» Collected data entries:
******

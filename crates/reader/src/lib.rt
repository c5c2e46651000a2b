// The expression reader: alternatives, sequences and parts read one another through a group, over lent bytes and a position; symbols.rt has letters and
// negated sets. What is written is the postfix code of the expression, in the numbers of items.rt. A code is no longer than its text, so there is always
// room.
#![tactic(auto)]

mod items;
mod symbols;

ghost use Rattle.std.specs.Prelude.{◌≡◌, List, ℕ, ◌+◌, ◌<◌, max, length, drop, set, replicate};
ghost use Rattle.book.specs.Causes.{max_bytes};
ghost use Rattle.paths.specs.Descent.{Parse, got, read_alternatives, read_parts, read_part, read_atom};
ghost use Rattle.reader.specs.Reads.{Reads};
ghost use Rattle.reader.specs.declared.Answer.TheVariants.{Refused};
ghost use Rattle.reader.specs.Progress.{Done, Stands, Asks, Fits, RoomToJoin, RoomToWrap, RoomToWrite, Joins, Closes, comes_next, spot_of, mark_of, wrap};
ghost use Rattle.reader.specs.Progress.{wrap_code};

use crate::items::{ALTERNATIVE, INVERSE, NO_MARK, OPTIONAL, PLUS, SEQUENCE, STAR, letters_number};
use crate::symbols::{Symbol, peek, symbol_at};
pub use items::{Item, item_of};

// The numbers of the causes, in the type of this crate's answers.
const NO_EXPRESSION: u8 = book::NO_EXPRESSION as u8;

const TOO_MANY_BYTES: u8 = book::TOO_MANY_BYTES as u8;

const TOO_LARGE: u8 = book::TOO_LARGE as u8;

// An expression that was read: where it ends in the text and in the code, how many letters it has, and how deep its groups are nested.
#[derive(Clone, Copy)]
struct Spot {
    at: usize,
    end: usize,
    letters: usize,
    depth: usize,
}

// What a reader finds.
#[derive(Clone, Copy)]
enum Parsed {
    Got(Spot),
    Fault,
}

// One number more at the end of the code.
fn push(code: &mut [u64], n: usize, x: u64) -> usize
    requires { n < length code.old }
    ensures { (result ≡ n + 1) × (code.new ≡ set code.old n x) }
{
    code[n] = x;
    n + 1
}

fn larger(a: usize, b: usize) -> usize
    ensures { result ≡ max a b }
{
    if a <= b { b } else { a }
}

// Whether the byte b comes after what was read.
fn comes_next(s: &[u8], r: Parsed, b: u8) -> bool
    ensures { result ≡ comes_next s.now r b }
{
    let Parsed::Got(q) = r else {
        return false;
    };
    peek(s, q.at) == b
}

// The expression that was read, or zeros if none was.
fn ends_at(r: Parsed) -> Spot
    ensures { result ≡ spot_of r }
{
    let Parsed::Got(q) = r else {
        return Spot {
            at: 0,
            end: 0,
            letters: 0,
            depth: 0,
        };
    };
    q
}

// What was read first, and what was read next after an operator's byte, as one expression.
fn combined(code: &mut [u64], first: Parsed, next: Parsed, x: u64) -> Parsed
    requires { RoomToJoin (length code.old) first next }
    ensures { Joins x first next code.old code.new result }
{
    let Parsed::Got(p) = first else {
        return Parsed::Fault;
    };
    let Parsed::Got(q) = next else {
        return Parsed::Fault;
    };
    let end = push(code, q.end, x);
    Parsed::Got(Spot {
        at: q.at,
        end,
        letters: p.letters + q.letters,
        depth: larger(p.depth, q.depth),
    })
}

// Sequences, with | between them.
#[cycle(alternatives_atom_part_sequence)]
fn alternatives(s: &[u8], at: usize, code: &mut [u64], n: usize) -> Parsed
    requires { Asks s.now at n code.old }
    ensures { Done got s.now at n code.old code.new (read_alternatives (drop at s.now)) result }
{
    let mut first = sequence(s, at, code, n);
    while comes_next(s, first, b'|') {
        let q = ends_at(first);
        let next = sequence(s, q.at + 1, code, q.end);
        first = combined(code, first, next, ALTERNATIVE);
    }
    first
}

// Parts, with / between them.
#[cycle(alternatives_atom_part_sequence)]
fn sequence(s: &[u8], at: usize, code: &mut [u64], n: usize) -> Parsed
    requires { Asks s.now at n code.old }
    ensures { Done got s.now at n code.old code.new (read_parts (drop at s.now)) result }
{
    let mut first = part(s, at, code, n);
    while comes_next(s, first, b'/') {
        let q = ends_at(first);
        let next = part(s, q.at + 1, code, q.end);
        first = combined(code, first, next, SEQUENCE);
    }
    first
}

// An optional ^, then a letter or a group, then at most one mark. The mark belongs to the letter or group, and the ^ to both.
#[cycle(alternatives_atom_part_sequence)]
fn part(s: &[u8], at: usize, code: &mut [u64], n: usize) -> Parsed
    requires { Asks s.now at n code.old }
    ensures { Done got s.now at n code.old code.new (read_part (drop at s.now)) result }
{
    if peek(s, at) == b'^' {
        let r = atom(s, at + 1, code, n);
        let mark = mark_after(s, r);
        let q = wrapped(code, r, mark, 1);
        wrapped(code, q, INVERSE, 0)
    } else {
        let r = atom(s, at, code, n);
        let mark = mark_after(s, r);
        wrapped(code, r, mark, 1)
    }
}

// A symbol, or a group: inside its parentheses a whole expression again.
#[cycle(alternatives_atom_part_sequence)]
fn atom(s: &[u8], at: usize, code: &mut [u64], n: usize) -> Parsed
    requires { Asks s.now at n code.old }
    ensures { Done got s.now at n code.old code.new (read_atom (drop at s.now)) result }
{
    if peek(s, at) == b'(' {
        let r = alternatives(s, at + 1, code, n);
        return closed(s, r);
    }
    let x = symbol_at(s, at);
    written(code, n, x)
}

// A symbol's number written.
fn written(code: &mut [u64], n: usize, x: Symbol) -> Parsed
    requires { RoomToWrite (length code.old) n x }
    ensures { (s : List ℕ) (at : ℕ) (y : Parse) → Stands s at y x → Done got s at n code.old code.new y result }
{
    let Symbol::Read(q) = x else {
        return Parsed::Fault;
    };
    let end = push(code, n, letters_number(q.forward, q.against));
    Parsed::Got(Spot {
        at: q.at,
        end,
        letters: 1,
        depth: 0,
    })
}

// The number of the mark's operator that comes after what was read, or NO_MARK if none does.
fn mark_after(s: &[u8], r: Parsed) -> u64
    ensures { result ≡ mark_of s.now r }
{
    let Parsed::Got(p) = r else {
        return NO_MARK;
    };
    let c = peek(s, p.at);
    if c == b'*' {
        return STAR;
    }
    if c == b'+' {
        return PLUS;
    }
    if c == b'?' {
        return OPTIONAL;
    }
    NO_MARK
}

// What was read with the operator of number x on it, its text `passed` bytes longer; as it is if x is NO_MARK.
fn wrapped(code: &mut [u64], r: Parsed, x: u64, passed: usize) -> Parsed
    requires { RoomToWrap (length code.old) x passed r }
    ensures { (result ≡ wrap x passed r) × (code.new ≡ wrap_code x r code.old) }
{
    let Parsed::Got(p) = r else {
        return Parsed::Fault;
    };
    if x == NO_MARK {
        return r;
    }
    let end = push(code, p.end, x);
    Parsed::Got(Spot {
        at: p.at + passed,
        end,
        letters: p.letters,
        depth: p.depth,
    })
}

// What was read after a (, with the ) after it.
fn closed(s: &[u8], r: Parsed) -> Parsed
    requires { Fits s.now r }
    ensures { Closes s.now r result }
{
    let Parsed::Got(p) = r else {
        return Parsed::Fault;
    };
    if peek(s, p.at) == b')' {
        Parsed::Got(Spot {
            at: p.at + 1,
            end: p.end,
            letters: p.letters,
            depth: p.depth + 1,
        })
    } else {
        Parsed::Fault
    }
}

// The answer to a text: accepted, with the length of its code, or refused, with the number of the cause.
#[derive(Clone, Copy)]
pub enum Answer {
    Accepted(usize),
    Refused(u8),
}

// An answer with the code: zeros follow it, and stand alone with a refusal.
#[derive(Drop)]
pub struct Reading {
    pub answer: Answer,
    pub code: [u64; book::MAX_BYTES],
}

// A refusal, with no code.
fn refused(number: u8) -> Reading
    ensures { (result.answer ≡ Refused number) × (result.code ≡ replicate max_bytes 0) }
{
    Reading {
        answer: Answer::Refused(number),
        code: [0u64; book::MAX_BYTES],
    }
}

// A whole text: over 256 bytes first, then the grammar, then the letters and the depth.
fn whole(s: &[u8]) -> Reading
    ensures { Reads s.now result }
{
    if book::MAX_BYTES < s.len() {
        return refused(TOO_MANY_BYTES);
    }
    let mut code = [0u64; book::MAX_BYTES];
    let r = alternatives(s, 0, &mut code, 0);
    let Parsed::Got(q) = r else {
        return refused(NO_EXPRESSION);
    };
    if q.at < s.len() {
        return refused(NO_EXPRESSION);
    }
    if book::MAX_LETTERS < q.letters {
        return refused(TOO_LARGE);
    }
    if book::MAX_DEPTH < q.depth {
        return refused(TOO_LARGE);
    }
    Reading {
        answer: Answer::Accepted(q.end),
        code,
    }
}

// The text from a place on; past the end it is empty.
pub fn read_at(src: &[u8], at: usize) -> Reading
    ensures { Reads (drop at src.now) result }
{
    if at <= src.len() {
        let text = &src[at..];
        whole(text)
    } else {
        refused(NO_EXPRESSION)
    }
}

// The caller's bytes and the place in them from which on they are read. Its functions are thin: the work is done by `read_at`, on the slice and the
// number.
#[derive(Drop)]
pub struct Reader<'a> {
    pub src: &'a [u8],
    pub at: usize,
}

impl<'a> Reader<'a> {
    // At the first byte.
    pub fn new(src: &'a [u8]) -> Reader<'a>
        ensures { (result.src ≡ src.entry) × (result.at ≡ 0) }
    {
        Reader { src, at: 0 }
    }

    // The expression that starts at the place, which may be in the middle of the slice, and ends with it.
    pub fn expression(self) -> Reading
        ensures { Reads (drop self.entry.at self.entry.src.now) result }
    {
        read_at(self.src, self.at)
    }
}

// A whole text: for callers that hold no reader.
pub fn read(text: &[u8]) -> Reading
    ensures { Reads text.now result }
{
    Reader::new(text).expression()
}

******

» How to complete this task:
The answer is the records above restated word for word from their opening line through the line that holds "of the code.", both included, and nothing else.

» The completed task:
filename crates/reader/src/lib.rt
repository c5c2e46651000a2b
// The expression reader: alternatives, sequences and parts read one another through a group, over lent bytes and a position; symbols.rt has letters and
// negated sets. What is written is the postfix code of the expression, in the numbers of items.rt. A code is no longer than its text, so there is always
// room.
#![tactic(auto)]

mod items;
mod symbols;

ghost use Rattle.std.specs.Prelude.{◌≡◌, List, ℕ, ◌+◌, ◌<◌, max, length, drop, set, replicate};
ghost use Rattle.book.specs.Causes.{max_bytes};
ghost use Rattle.paths.specs.Descent.{Parse, got, read_alternatives, read_parts, read_part, read_atom};
ghost use Rattle.reader.specs.Reads.{Reads};
ghost use Rattle.reader.specs.declared.Answer.TheVariants.{Refused};
ghost use Rattle.reader.specs.Progress.{Done, Stands, Asks, Fits, RoomToJoin, RoomToWrap, RoomToWrite, Joins, Closes, comes_next, spot_of, mark_of, wrap};
ghost use Rattle.reader.specs.Progress.{wrap_code};

use crate::items::{ALTERNATIVE, INVERSE, NO_MARK, OPTIONAL, PLUS, SEQUENCE, STAR, letters_number};
use crate::symbols::{Symbol, peek, symbol_at};
pub use items::{Item, item_of};

// The numbers of the causes, in the type of this crate's answers.
const NO_EXPRESSION: u8 = book::NO_EXPRESSION as u8;

const TOO_MANY_BYTES: u8 = book::TOO_MANY_BYTES as u8;

const TOO_LARGE: u8 = book::TOO_LARGE as u8;

// An expression that was read: where it ends in the text and in the code, how many letters it has, and how deep its groups are nested.
#[derive(Clone, Copy)]
struct Spot {
    at: usize,
    end: usize,
    letters: usize,
    depth: usize,
}

// What a reader finds.
#[derive(Clone, Copy)]
enum Parsed {
    Got(Spot),
    Fault,
}

// One number more at the end of the code.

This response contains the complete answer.